[Directions] The data below has to be returned exactly, down to the last character.
··· Data for the task ···
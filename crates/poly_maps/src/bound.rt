ghost use Rattle.std.specs.Prelude.{◌↔◌, IsTrue};
ghost use Rattle.poly_maps.specs.Bound.{WithinBound};
ghost use Rattle.poly_maps.specs.Mono.{IsBelow};

use crate::Mono;

/// A bound on degrees: the greatest total degree, and the greatest degree in each variable.
#[derive(Clone, Copy, PartialEq, Eq, Debug)]
pub struct Bound {
    pub total: u32,
    pub each: [u32; 8],
}

impl Bound {
    /// Whether the monomial's total degree and each exponent are within the bound.
    pub fn contains(&self, mono: &Mono) -> bool
        ensures { IsTrue result ↔ WithinBound self.now mono.now }
    {
        mono.total() <= self.total && are_below(mono.exponents(), &self.each)
    }
}

/// Whether each exponent is at most the entry of `each` at its place.
fn are_below(exponents: &[u16; 8], each: &[u32; 8]) -> bool
    ensures { IsTrue result ↔ IsBelow exponents.now each.now }
{
    for i in 0..8 {
        if exponents[i] as u32 > each[i] {
            return false;
        }
    }
    true
}

/// The bounds of a numerator and of a denominator.
#[derive(Clone, Copy, PartialEq, Eq, Debug)]
pub struct Bounds {
    pub num: Bound,
    pub den: Bound,
}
···
[Result below]
filename crates/poly_maps/src/bound.rt
ghost use Rattle.std.specs.Prelude.{◌↔◌, IsTrue};
ghost use Rattle.poly_maps.specs.Bound.{WithinBound};
ghost use Rattle.poly_maps.specs.Mono.{IsBelow};

use crate::Mono;

/// A bound on degrees: the greatest total degree, and the greatest degree in each variable.
#[derive(Clone, Copy, PartialEq, Eq, Debug)]
pub struct Bound {
    pub total: u32,
    pub each: [u32; 8],
}

impl Bound {
    /// Whether the monomial's total degree and each exponent are within the bound.
    pub fn contains(&self, mono: &Mono) -> bool
        ensures { IsTrue result ↔ WithinBound self.now mono.now }
    {
        mono.total() <= self.total && are_below(mono.exponents(), &self.each)
    }
}

/// Whether each exponent is at most the entry of `each` at its place.
fn are_below(exponents: &[u16; 8], each: &[u32; 8]) -> bool
    ensures { IsTrue result ↔ IsBelow exponents.now each.now }
{
    for i in 0..8 {
        if exponents[i] as u32 > each[i] {
            return false;
        }
    }
    true
}

/// The bounds of a numerator and of a denominator.
#[derive(Clone, Copy, PartialEq, Eq, Debug)]
pub struct Bounds {
    pub num: Bound,
    pub den: Bound,
}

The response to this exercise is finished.